Title:Review of Progress and Prospects in Research on Enzymatic and Non-
Enzymatic Biofuel Cells; Specific Emphasis on 2D Nanomaterials
Volume: 11
Issue: 3
Author(s): Mithra Geetha, Kishor Kumar Sadasivuni*, Maryam Al-Ejji, Nandagopal Sivadas, Moghal Zubair Khalid Baig, Tamanna Jannat Promi, Sumayya Ali Ahmad, Sara Alabed, Dima Anwar Hijazi, Fatimatulzahraa Alsaedi and Faozia Nasser Al-Shaibah
Affiliation:
- Center for Advanced Materials, Qatar University, Doha, Qatar
Keywords:
Biofuel, cells, renewable, energy, nanocomposites, biocompatibility.
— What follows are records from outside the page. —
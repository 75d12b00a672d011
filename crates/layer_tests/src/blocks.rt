// `frame_pool`: pools that lend, hold and free.
use frame_pool::{BlockState, Pool, PoolFault};
use std::alloc::{AllocError, Global};
use xm_num::{Block, Enclave};

#[derive(Drop)]
enum Step {
    // A pool of so many blocks.
    New(u16),
    // Lends so many blocks to an enclave, and gives these.
    Lend(u16, Enclave, Result<&'static [Block], PoolFault>),
    // Lends so many blocks to an enclave, and gives those from block 0 on.
    LendFirst(u16, Enclave),
    // So often lends the whole pool block by block, and gets it back.
    Turns(u16),
    Hold(Enclave),
    FreeHeld(Enclave),
    // How many blocks are free, what one block is used for, and what all are.
    FreeCount(u16),
    State(Block, Option<BlockState>),
    All(&'static [BlockState]),
}

fn answers(alloc: Global, pool: &mut Pool, step: &Step) -> bool {
    match step {
        Step::New(blocks) => renewed(alloc, pool, *blocks),
        Step::Lend(count, to, want) => lends(pool, *count, *to, *want),
        Step::LendFirst(count, to) => lends_first(pool, *count, *to),
        Step::Turns(turns) => turns_round(pool, *turns),
        Step::Hold(of) => {
            pool.hold(*of);
            true
        }
        Step::FreeHeld(of) => {
            pool.free_held(*of);
            true
        }
        Step::FreeCount(want) => pool.free_count() == *want,
        Step::State(block, want) => pool.state(*block) == *want,
        Step::All(want) => all_are(pool, want),
    }
}

fn renewed(alloc: Global, pool: &mut Pool, blocks: u16) -> bool {
    if blocks < 1 || blocks > 4096 {
        return false;
    }
    match Pool::new(alloc, blocks) {
        Ok(new) => {
            *pool = new;
            true
        }
        Err(_) => false,
    }
}

fn lends(pool: &mut Pool, count: u16, to: Enclave, want: Result<&[Block], PoolFault>) -> bool {
    match pool.lend(count, to) {
        Ok(blocks) => want == Ok(blocks.as_slice()),
        Err(fault) => want == Err(fault),
    }
}

fn lends_first(pool: &mut Pool, count: u16, to: Enclave) -> bool {
    let Ok(blocks) = pool.lend(count, to) else {
        return false;
    };
    for number in 0..count {
        if blocks.get(number as usize) != Some(Block(number)) {
            return false;
        }
    }
    blocks.len() == count as usize
}

fn turns_round(pool: &mut Pool, turns: u16) -> bool {
    for turn in 0..turns {
        if !lends_each(pool, Enclave(turn)) {
            return false;
        }
        pool.hold(Enclave(turn));
        pool.free_held(Enclave(turn));
    }
    true
}

// Lends each block of the pool to the enclave, from block 0 on.
fn lends_each(pool: &mut Pool, to: Enclave) -> bool {
    for number in 0..pool.blocks() {
        if !lends(pool, 1, to, Ok(&[Block(number)])) {
            return false;
        }
    }
    pool.free_count() == 0
}

// Whether the blocks have these states, and there is none past them.
fn all_are(pool: &Pool, want: &[BlockState]) -> bool {
    for number in 0..pool.blocks() {
        if pool.state(Block(number)) != want.get(number as usize).copied() {
            return false;
        }
    }
    pool.blocks() as usize == want.len() && pool.state(Block(pool.blocks())).is_none()
}

const ONE: Enclave = Enclave(1);

const TWO: Enclave = Enclave(2);

// The lowest blocks are lent first.
const LENT: &[Step] = &[
    Step::New(6),
    Step::FreeCount(6),
    Step::Lend(2, ONE, Ok(&[Block(0), Block(1)])),
    Step::Lend(3, TWO, Ok(&[Block(2), Block(3), Block(4)])),
    Step::FreeCount(1),
    Step::All(&[
        BlockState::Lent(ONE),
        BlockState::Lent(ONE),
        BlockState::Lent(TWO),
        BlockState::Lent(TWO),
        BlockState::Lent(TWO),
        BlockState::Free,
    ]),
];

// No blocks are lent exactly where too few are free.
const TOO_FEW: &[Step] = &[
    Step::New(4),
    Step::Lend(1, ONE, Ok(&[Block(0)])),
    Step::Lend(4, TWO, Err(PoolFault::NoBlocks)),
    Step::FreeCount(3),
    Step::Lend(5, TWO, Err(PoolFault::NoBlocks)),
    Step::FreeCount(3),
    Step::Lend(65535, TWO, Err(PoolFault::NoBlocks)),
    Step::FreeCount(3),
    Step::Lend(3, TWO, Ok(&[Block(1), Block(2), Block(3)])),
    Step::Lend(1, Enclave(3), Err(PoolFault::NoBlocks)),
    Step::Lend(0, Enclave(3), Ok(&[])),
];

// Freed blocks are lent again.
const FREED: &[Step] = &[
    Step::New(6),
    Step::Lend(1, ONE, Ok(&[Block(0)])),
    Step::Lend(2, TWO, Ok(&[Block(1), Block(2)])),
    Step::Lend(1, ONE, Ok(&[Block(3)])),
    Step::FreeHeld(ONE),
    Step::All(&[
        BlockState::Lent(ONE),
        BlockState::Lent(TWO),
        BlockState::Lent(TWO),
        BlockState::Lent(ONE),
        BlockState::Free,
        BlockState::Free,
    ]),
    Step::Hold(ONE),
    Step::All(&[
        BlockState::Held(ONE),
        BlockState::Lent(TWO),
        BlockState::Lent(TWO),
        BlockState::Held(ONE),
        BlockState::Free,
        BlockState::Free,
    ]),
    Step::FreeCount(2),
    Step::Lend(3, Enclave(3), Err(PoolFault::NoBlocks)),
    Step::FreeHeld(ONE),
    Step::FreeHeld(TWO),
    Step::FreeCount(4),
    Step::Lend(3, Enclave(3), Ok(&[Block(0), Block(3), Block(4)])),
    Step::FreeCount(1),
    Step::Lend(1, TWO, Ok(&[Block(5)])),
];

// No block past the pool has a state.
const PAST: &[Step] = &[
    Step::New(2),
    Step::State(Block(0), Some(BlockState::Free)),
    Step::State(Block(1), Some(BlockState::Free)),
    Step::State(Block(2), None),
    Step::State(Block(4096), None),
    Step::State(Block(65535), None),
];

// Whole pools are lent, block by block and at once.
const WHOLE: &[Step] = &[
    Step::New(4096),
    Step::Turns(20),
    Step::LendFirst(4096, Enclave(0)),
    Step::FreeCount(0),
];

#[test]
fn blocks_of_a_pool(rt: HostRuntime) -> Result<(), AllocError> {
    let mut pool = Pool::new(rt.alloc(), 1)?;
    let tables = [
        ("lent", LENT),
        ("too few", TOO_FEW),
        ("freed", FREED),
        ("past", PAST),
        ("whole", WHOLE),
    ];
    for (name, steps) in tables {
        for (row, step) in steps.iter().enumerate() {
            assert!(rt; answers(rt.alloc(), &mut pool, step), "{name}, row {row}");
        }
    }
    Ok(())
}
Abstract: Energy generation from renewable sources and effective management are two critical
challenges for sustainable development. Biofuel Cells (BFCs) provide an elegant solution by combining
these two tasks. BFCs are defined by the catalyst used in the fuel cell and can directly generate
electricity from biological substances. Various nontoxic chemical fuels, such as glucose, lactate,
urate, alcohol, amines, starch, and fructose, can be used in BFCs and have specific components to
oxide fuels. Widely available fuel sources and moderate operational conditions make them promise
in renewable energy generation, remote device power sources, etc. Enzymatic biofuel cells (EBFCs)
use enzymes as a catalyst to oxidize the fuel rather than precious metals. The shortcoming of the
EBFCs system leads to integrated miniaturization issues, lower power density, poor operational stability,
lower voltage output, lower energy density, inadequate durability, instability in the long-term
application, and incomplete fuel oxidation. This necessitates the development of non-enzymatic biofuel
cells (NEBFCs). The review paper extensively studies NEBFCs and its various synthetic strategies
and catalytic characteristics. This paper reviews the use of nanocomposites as biocatalysts in
biofuel cells and the principle of biofuel cells as well as their construction elements. This review
briefly presents recent technologies developed to improve the biocatalytic properties, biocompatibility,
biodegradability, implantability, and mechanical flexibility of BFCs.